Eye Candy Comes In Many Flavors
Resolution: This controls both how finely-grained your display will be on the screen and how much information can be displayed. Higher resolutions look better, because the individual pixels are smaller; the flip side of this is that ratcheting up the resolution requires your system to be able to paint that larger canvas fast enough. While it may not sound like a tremendous difference, just going from 1024x768 to 1280x1024 increases the pixel count by 66%. Yeah, it looks a lot better, but it's going to take a lot more processing chutzpah to deliver it.
With the proliferation of LCD displays on many of our desks, the resolution question is becoming we ask ourselves less often. Because these monitors look and work best at their native resolution (1280x1024, 1920x1200, etc), we're probably just going to stick with that and juggle other stuff to achieve the best balance of image quality and performance.

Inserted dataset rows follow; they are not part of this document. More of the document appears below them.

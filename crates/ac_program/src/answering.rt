//! What is written, and the outcome that goes with it.

ghost use Rattle.std.specs.Prelude.{◌≡◌, ◌≢◌, ◌≤◌, [], All, AllPairs, length, IsTrue, None, Some};
ghost use Rattle.std.specs.Str.{IsUtf8};
ghost use Rattle.ac_names.specs.Numbered.{file_paths};
ghost use Rattle.ac_outside.specs.Told.{OpenedJust, GrewBy};
ghost use Rattle.ac_words.specs.Words.{IsBounded};
ghost use Rattle.program_reading.specs.Reading.{TookByReads};
ghost use Rattle.program_reading.specs.Writing.{TookFront};
ghost use Rattle.program_reading.specs.Lines.{limit_file_line, refusal_line, refusal_status};
ghost use Rattle.program_reading.specs.Failures.{TellsLibrary, TellsSink};
ghost use Rattle.ac_program.specs.Headline.{IsDueOfFile, IsLeft, TookWhole, TookPart, TellsDisk};
ghost use Rattle.ac_program.specs.Making.{AreLeft, IsDueOf, IsDueOfProgram};
ghost use Rattle.program_reading.specs.Source.{all_steps, most_steps, needed};

use crate::execute::{Done, make};
use crate::outcome::Outcome;
use ac_base::Status;
use ac_outside::{Disk, Gate, Library, Sink};
use ac_types::Checked;
use ac_words::Task;
use program_reading::{
    LIMIT_SOURCE, ReadFault, Refusal, SOURCE_LIMIT, Stop, answer, answer_refusal, build,
    place_line, read_text,
};
use starting_files::StartFault;
use std::alloc::Global;
use std::thread::Threads;

/// The line of words that call for nothing.
pub const USAGE: &str =
    "usage: ac run|trace FILE [--steps N], ac code|check FILE, ac audit FILE TRACE, ac load N [--steps N]\n";

/// The outcome where memory was refused.
pub fn no_memory() -> Outcome
    ensures { result ≡ record { status = record { number = 11 }; run = None } }
{
    Outcome {
        status: Status { number: 11 },
        run: None,
    }
}

// Writes the text of a refusal.
fn refuse_with<K: Sink>(sink: &mut K, number: u8, text: &[u8]) -> Outcome
    requires { number ≢ 8 }
    ensures run { result.run ≡ None }
    ensures status { result.status.number ≢ 8 → result.status.number ≡ number }
    ensures whole { result.status.number ≢ 8 → GrewBy (K.told sink.old).held (K.told sink.new).held text.now }
    ensures part { result.status.number ≡ 8 → TookFront (K.told sink.old).held (K.told sink.new).held text.now }
    ensures sink { TellsSink (K.told sink.old) (K.told sink.new) result.status.number }
{
    let status = answer(sink, Status { number }, text);
    Outcome { status, run: None }
}

/// Writes a line of a refusal.
pub fn refuse<K: Sink>(sink: &mut K, number: u8, line: &str) -> Outcome
    requires { number ≢ 8 }
    ensures run { result.run ≡ None }
    ensures status { result.status.number ≢ 8 → result.status.number ≡ number }
    ensures whole { result.status.number ≢ 8 → GrewBy (K.told sink.old).held (K.told sink.new).held line.now }
    ensures part { result.status.number ≡ 8 → TookFront (K.told sink.old).held (K.told sink.new).held line.now }
    ensures sink { TellsSink (K.told sink.old) (K.told sink.new) result.status.number }
{
    refuse_with(sink, number, line.as_bytes())
}

/// Writes the line of what refuses a source.
pub fn refuse_source<K: Sink>(alloc: Global, sink: &mut K, refusal: Refusal) -> Outcome
    ensures run { result.run ≡ None }
    ensures status { result.status.number ≢ 8 → result.status.number ≢ 11 → result.status.number ≡ refusal_status refusal }
    ensures whole { result.status.number ≢ 8 → result.status.number ≢ 11 →
        GrewBy (K.told sink.old).held (K.told sink.new).held (refusal_line refusal) }
    ensures part { result.status.number ≡ 8 → TookFront (K.told sink.old).held (K.told sink.new).held (refusal_line refusal) }
    ensures memory { result.status.number ≡ 11 → GrewBy (K.told sink.old).held (K.told sink.new).held [] }
    ensures sink { TellsSink (K.told sink.old) (K.told sink.new) result.status.number }
    ensures other { (result.status.number ≢ 1) × ((result.status.number ≢ 7) × (result.status.number ≢ 9)) }
{
    Outcome {
        status: answer_refusal(alloc, sink, refusal),
        run: None,
    }
}

/// Writes the text of what was made.
pub fn give<K: Sink>(sink: &mut K, done: Done) -> Outcome
    requires { done.status.number ≢ 8 }
    ensures run { result.run ≡ done.run }
    ensures status { result.status.number ≢ 8 → result.status.number ≡ done.status.number }
    ensures whole { result.status.number ≢ 8 → GrewBy (K.told sink.old).held (K.told sink.new).held done.text }
    ensures part { result.status.number ≡ 8 → TookFront (K.told sink.old).held (K.told sink.new).held done.text }
    ensures sink { TellsSink (K.told sink.old) (K.told sink.new) result.status.number }
{
    let Done { run, text, status } = done;
    let status = answer(sink, status, text.as_slice());
    Outcome { status, run }
}

// Writes the line of a file that is too long.
fn refuse_file<K: Sink>(alloc: Global, sink: &mut K, file: u32) -> Outcome
    ensures run { result.run ≡ None }
    ensures status { result.status.number ≢ 8 → result.status.number ≢ 11 → result.status.number ≡ 10 }
    ensures whole { result.status.number ≢ 8 → result.status.number ≢ 11 →
        GrewBy (K.told sink.old).held (K.told sink.new).held (limit_file_line file) }
    ensures part { result.status.number ≡ 8 → TookFront (K.told sink.old).held (K.told sink.new).held (limit_file_line file) }
    ensures memory { result.status.number ≡ 11 → GrewBy (K.told sink.old).held (K.told sink.new).held [] }
    ensures sink { TellsSink (K.told sink.old) (K.told sink.new) result.status.number }
{
    match place_line(alloc, b"limit: file ", u64::from(file)) {
        Err(_) => no_memory(),
        Ok(line) => refuse_with(sink, 10, line.as_slice()),
    }
}

// Does a task with a program that nothing refuses, and writes what is made of it, or of its files.
fn do_program<K: Sink, D: Disk + Send, G: Gate + Sync, R: Threads + Sync>(
    rt: &R,
    gate: &G,
    alloc: Global,
    checked: &Checked,
    task: Task,
    sink: &mut K,
    disk: &mut D,
) -> Outcome
    requires bounded { IsBounded task }
    requires few { all_steps checked.now task ≤ most_steps }
    requires files { length (file_paths checked.now.items) ≤ 16 }
    requires texts { All IsUtf8 (file_paths checked.now.items) }
    requires differ { AllPairs (λ path other. path ≢ other) (file_paths checked.now.items) }
    requires ready { IsTrue (D.told disk.old).is_ready }
    requires none { (D.told disk.old).bound ≡ 0 }
    ensures whole { result.status.number ≢ 8 → result.status.number ≢ 11 →
        TookWhole (IsDueOfProgram task checked.now (D.told disk.old) (D.told disk.new))
        result.status.number result.run (K.told sink.old) (K.told sink.new) }
    ensures part { result.status.number ≡ 8 →
        TookPart (IsDueOfProgram task checked.now (D.told disk.old) (D.told disk.new)) result.run (K.told sink.old) (K.told sink.new) }
    ensures left { result.status.number ≡ 11 → AreLeft (needed task checked.now) (D.told disk.old) (D.told disk.new) }
    ensures memory { result.status.number ≡ 11 → GrewBy (K.told sink.old).held (K.told sink.new).held [] }
    ensures no_run { result.status.number ≡ 11 → result.run ≡ None }
    ensures disk { TellsDisk (D.told disk.old) (D.told disk.new) result.status.number result.run }
    ensures sink { TellsSink (K.told sink.old) (K.told sink.new) result.status.number }
    ensures other { (result.status.number ≢ 1) × (result.status.number ≢ 7) }
{
    match make(rt, gate, alloc, checked, task, disk) {
        Err(StartFault::NoMemory) => no_memory(),
        Err(StartFault::Failed) => refuse(sink, 9, "disk fault\n"),
        Err(StartFault::TooLong { file }) => refuse_file(alloc, sink, file),
        Ok(done) => give(sink, done),
    }
}

/// Does a task with a source and writes what is made of it, or what refuses it.
pub fn do_source<K: Sink, D: Disk + Send, G: Gate + Sync, R: Threads + Sync>(
    rt: &R,
    gate: &G,
    alloc: Global,
    source: &[u8],
    task: Task,
    sink: &mut K,
    disk: &mut D,
) -> Outcome
    requires bounded { IsBounded task }
    requires short { length source.now ≤ 1048576 }
    requires ready { IsTrue (D.told disk.old).is_ready }
    requires none { (D.told disk.old).bound ≡ 0 }
    ensures whole { result.status.number ≢ 8 → result.status.number ≢ 11 →
        TookWhole (IsDueOf source.now task (D.told disk.old) (D.told disk.new))
        result.status.number result.run (K.told sink.old) (K.told sink.new) }
    ensures part { result.status.number ≡ 8 →
        TookPart (IsDueOf source.now task (D.told disk.old) (D.told disk.new)) result.run (K.told sink.old) (K.told sink.new) }
    ensures left { result.status.number ≡ 11 → IsLeft (Some source.now) task (D.told disk.old) (D.told disk.new) }
    ensures memory { result.status.number ≡ 11 → GrewBy (K.told sink.old).held (K.told sink.new).held [] }
    ensures no_run { result.status.number ≡ 11 → result.run ≡ None }
    ensures disk { TellsDisk (D.told disk.old) (D.told disk.new) result.status.number result.run }
    ensures sink { TellsSink (K.told sink.old) (K.told sink.new) result.status.number }
    ensures other { (result.status.number ≢ 1) × (result.status.number ≢ 7) }
{
    match build(alloc, source, task) {
        Err(Stop::NoMemory) => no_memory(),
        Err(Stop::Refused(refusal)) => refuse_source(alloc, sink, refusal),
        Ok(checked) => do_program(rt, gate, alloc, &checked, task, sink, disk),
    }
}

/// Reads the text of a name, does a task with it and writes what is made of it, or what refuses it.
pub fn do_file<L: Library, K: Sink, D: Disk + Send, G: Gate + Sync, R: Threads + Sync>(
    rt: &R,
    gate: &G,
    alloc: Global,
    file: &str,
    task: Task,
    library: &mut L,
    sink: &mut K,
    disk: &mut D,
) -> Outcome
    requires bounded { IsBounded task }
    requires ready { IsTrue (D.told disk.old).is_ready }
    requires none { (D.told disk.old).bound ≡ 0 }
    ensures whole { result.status.number ≢ 8 → result.status.number ≢ 11 →
        TookWhole (IsDueOfFile file.now task (L.told library.old) (L.told library.new) (D.told disk.old) (D.told disk.new))
        result.status.number result.run (K.told sink.old) (K.told sink.new) }
    ensures part { result.status.number ≡ 8 →
        TookPart (IsDueOfFile file.now task (L.told library.old) (L.told library.new) (D.told disk.old) (D.told disk.new))
        result.run (K.told sink.old) (K.told sink.new) }
    ensures just { OpenedJust (L.told library.old) (L.told library.new) file.now }
    ensures took { result.status.number ≡ 11 → TookByReads (L.told library.old) (L.told library.new) file.now }
    ensures left { result.status.number ≡ 11 →
        IsLeft ((L.told library.old).text_at file.now) task (D.told disk.old) (D.told disk.new) }
    ensures memory { result.status.number ≡ 11 → GrewBy (K.told sink.old).held (K.told sink.new).held [] }
    ensures no_run { result.status.number ≡ 11 → result.run ≡ None }
    ensures library { TellsLibrary (L.told library.old) (L.told library.new) result.status.number }
    ensures disk { TellsDisk (D.told disk.old) (D.told disk.new) result.status.number result.run }
    ensures sink { TellsSink (K.told sink.old) (K.told sink.new) result.status.number }
    ensures other { result.status.number ≢ 1 }
{
    match read_text(alloc, library, file, SOURCE_LIMIT) {
        Err(ReadFault::NoMemory) => no_memory(),
        Err(ReadFault::Failed) => refuse(sink, 7, "library fault\n"),
        Err(ReadFault::TooLong) => refuse(sink, 10, LIMIT_SOURCE),
        Ok(source) => do_source(rt, gate, alloc, source.as_slice(), task, sink, disk),
    }
}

Anti-Aliasing: Any line that isn't perfectly vertical or horizontal is going to break across pixels, and this jagged edge is said to be "aliased." Anti-Aliasing (AA) is how graphics creators and the hardware that renders it cope with that effect to trick our eyes into seeing a smooth line. Naturally, nVidia and ATI have their own names for how they do it (utilizing different types of sampling algorithm and/or sampling densities) and while their approaches differ slightly, the nuts and bolts of AA boil down to "more samples give a smoother line." In a nutshell, a square looks more like a circle than a triangle does, and an octagon looks more like a circle than a square does. The way this is achieved is via supersampling. The downside is that for each step up in AA quality (2x, 4x, 8x, and so on), the entire scene needs to be rendered behind the scenes by your video card, and this multiple rendering puts a lot of demand on your video card's memory (both in terms of size and bandwidth).